Impresionado, quise probar al menos el «test de escucha» puesto a punto por Alfred Tomatis. Me habían advertido: «Incluso este simple examen puede cambiar muchas cosas para usted.» En la práctica, sin embargo, nada impresionante. Primero una entrevista con una psicóloga, que se dedica sobre todo a saber cómo se desarrolló el embarazo de la madre, el parto, el primer año. No hay suerte por ese lado: no sé nada. Luego, preguntas sobre mi carácter, mi fatigabilidad, mi relación con la música, con el ruido, etc.
Segunda fase: el test propiamente dicho. Me envían sonidos mediante un casco. A la derecha, después a la izquierda, luego… a mí me toca encontrar de qué lado. El ejercicio consiste en levantar la mano en cuanto percibo el sonido, que aumenta poco a poco de intensidad. Después debo indicar si el sonido que oigo es más agudo o más grave que el anterior (para cada oído). Ahí tengo verdaderamente la impresión de no saber, porque se trata —me lo explicará después Alfred Tomatis— del test de selectividad, el que consiste en reconocer las mínimas diferencias del timbre. Y tests de lateralización óculo-manual.
Eso es todo. Pero basta para Tomatis, que me recibe un momento más tarde. «Tiene usted un oído excepcional, me dice. Una curva casi ideal.
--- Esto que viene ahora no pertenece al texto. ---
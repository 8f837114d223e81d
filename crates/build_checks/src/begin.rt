ghost use Rattle.std.specs.Prelude.{◌≡◌, ◌↔◌, [], ℕ, List, Some, IfOk, Contains, slice_get};
ghost use Rattle.std.specs.List.{All};
ghost use Rattle.build_plan.specs.Places.{fresh};
ghost use Rattle.iface_key.specs.Keys.{key_of_view};
ghost use Rattle.ob_text.specs.Held.{IsReadable};
ghost use Rattle.oberon_types.specs.Memory.{plain_view};
ghost use Rattle.build_sources.specs.Modules.{AreModules};
ghost use Rattle.build_sources.specs.Rows.{AreRows};
ghost use Rattle.build_sources.specs.Sources.{AreSources, world};
ghost use Rattle.build_checks.specs.First.{AreFirst};
ghost use Rattle.build_checks.specs.Kept.{Extends};
ghost use Rattle.build_checks.specs.Numbers.{AreNumbersOf};
ghost use Rattle.build_checks.specs.Stand.{AreChecks, modules_of, settled_of, taken_of, world_of};

use crate::checks::Checks;
use crate::known::known_imports;
use build_plan::Plan;
use build_sources::{Sources, first_views, out_view, set_of};
use check_cache::Cache;
use iface_key::{Keys, key_of};
use ob_text::{NoMemory, Snapshot};
use oberon_types::View;
use std::alloc::Global;
use std::sync::Arc;
use target_graph::Workspace;

/// The numbers of the keys of what Out, a name that means no module, and a module on a cycle show.
#[derive(Clone, Copy)]
pub(crate) struct First {
    pub out: u64,
    pub missing: u64,
    pub cyclic: u64,
}

impl Checks {
    /// The checks of the build of some modules, which are indices of pairs, by what was handed out: none is taken yet. A
    /// document of which a check of the same text is kept isn't read.
    pub fn begin(
        alloc: Global,
        workspace: Arc<Workspace>,
        modules: &[u32],
        snapshot: Snapshot,
        cache: &Cache,
        keys: &mut Keys,
    ) -> Result<Checks, NoMemory>
        requires modules { AreModules workspace.value.targets modules.now }
        requires texts { All (λ entry. IsReadable entry.1) snapshot.entries }
        ensures checks { IfOk result AreChecks }
        ensures world { IfOk result (λ checks. world_of checks ≡ record { targets = workspace.value.targets; entries = snapshot.entries }) }
        ensures modules { IfOk result (λ checks. (p : ℕ) → Contains (modules_of checks) p ↔ Contains modules.now p) }
        ensures taken { IfOk result (λ checks. taken_of checks ≡ []) }
        ensures settled { IfOk result (λ checks. settled_of checks ≡ []) }
        ensures numbers { IfOk result (AreNumbersOf keys.new) }
        ensures earlier { Extends keys.old keys.new }
    {
        let first = first_numbers(alloc, keys)?;
        let known = known_imports(alloc, &workspace, snapshot.entries.as_slice(), cache)?;
        let sources = Sources::new(alloc, workspace, snapshot, known.as_slice())?;
        begun(alloc, sources, modules, first)
    }
}

/// The checks by these sources, of which none is taken yet.
fn begun(alloc: Global, sources: Sources, modules: &[u32], first: First) -> Result<Checks, NoMemory>
    requires sources { AreSources sources }
    requires modules { AreModules (world sources).targets modules.now }
    ensures checks { IfOk result AreChecks }
    ensures world { IfOk result (λ checks. world_of checks ≡ world sources) }
    ensures modules { IfOk result (λ checks. (p : ℕ) → Contains (modules_of checks) p ↔ Contains modules.now p) }
    ensures taken { IfOk result (λ checks. taken_of checks ≡ []) }
    ensures settled { IfOk result (λ checks. settled_of checks ≡ []) }
    ensures numbers { IfOk result (λ checks. (keys : List (List ℕ)) → AreFirst keys first → AreNumbersOf keys checks) }
{
    let size = sources.count();
    let plan = first_plan(alloc, &sources)?;
    let wanted = set_of(alloc, modules)?;
    let views = first_views(alloc, &plan, size)?;
    let numbers = vec![in alloc; first.cyclic; size]?;
    Ok(Checks {
        alloc,
        sources,
        wanted,
        plan,
        views,
        numbers,
        out: first.out,
        missing: first.missing,
    })
}

/// The plan of all modules of the workspace.
fn first_plan(alloc: Global, sources: &Sources) -> Result<Plan, NoMemory>
    requires { AreSources sources.now }
    ensures { IfOk result (λ plan. (rows : List (List ℕ)) × AreRows (world sources.now) rows × (plan ≡ fresh rows)) }
{
    let _size = sources.count();
    Plan::new(alloc, sources.rows(alloc)?)
}

fn first_numbers(alloc: Global, keys: &mut Keys) -> Result<First, NoMemory>
    ensures first { IfOk result (AreFirst keys.new) }
    ensures earlier { Extends keys.old keys.new }
{
    let known = out_view(alloc)?;
    let out = number_of(alloc, keys, &known)?;
    let missing = number_of(alloc, keys, &View::Missing)?;
    let cyclic = number_of(alloc, keys, &View::Cyclic)?;
    Ok(First {
        out,
        missing,
        cyclic,
    })
}

/// The number of the key of a view.
fn number_of(alloc: Global, keys: &mut Keys, view: &View) -> Result<u64, NoMemory>
    ensures number { IfOk result (λ number. slice_get keys.new number ≡ Some (key_of_view (plain_view view.now))) }
    ensures earlier { Extends keys.old keys.new }
{
    keys.intern(key_of(alloc, view)?)
}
Solo que usted no utiliza más que una pequeñísima parte de sus potencialidades. El desarrollo de su oído se ha quedado bloqueado a los cuatro años.»
A los cuatro años, expliqué entonces, tuve efectivamente problemas de salud que me alejaron unos meses de mi familia. «Puede ser la causa. Pero igualmente —es a menudo el caso— un incidente benigno mal vivido. De hecho, la causa, da igual, prosigue el médico. Lo que cuenta es el resultado. Y abrirle a usted ese oído. En su caso, es fácil. Y le garantizo que entonces ya no tendrá los problemas de fatiga, de concentración y de memoria que tiene actualmente.»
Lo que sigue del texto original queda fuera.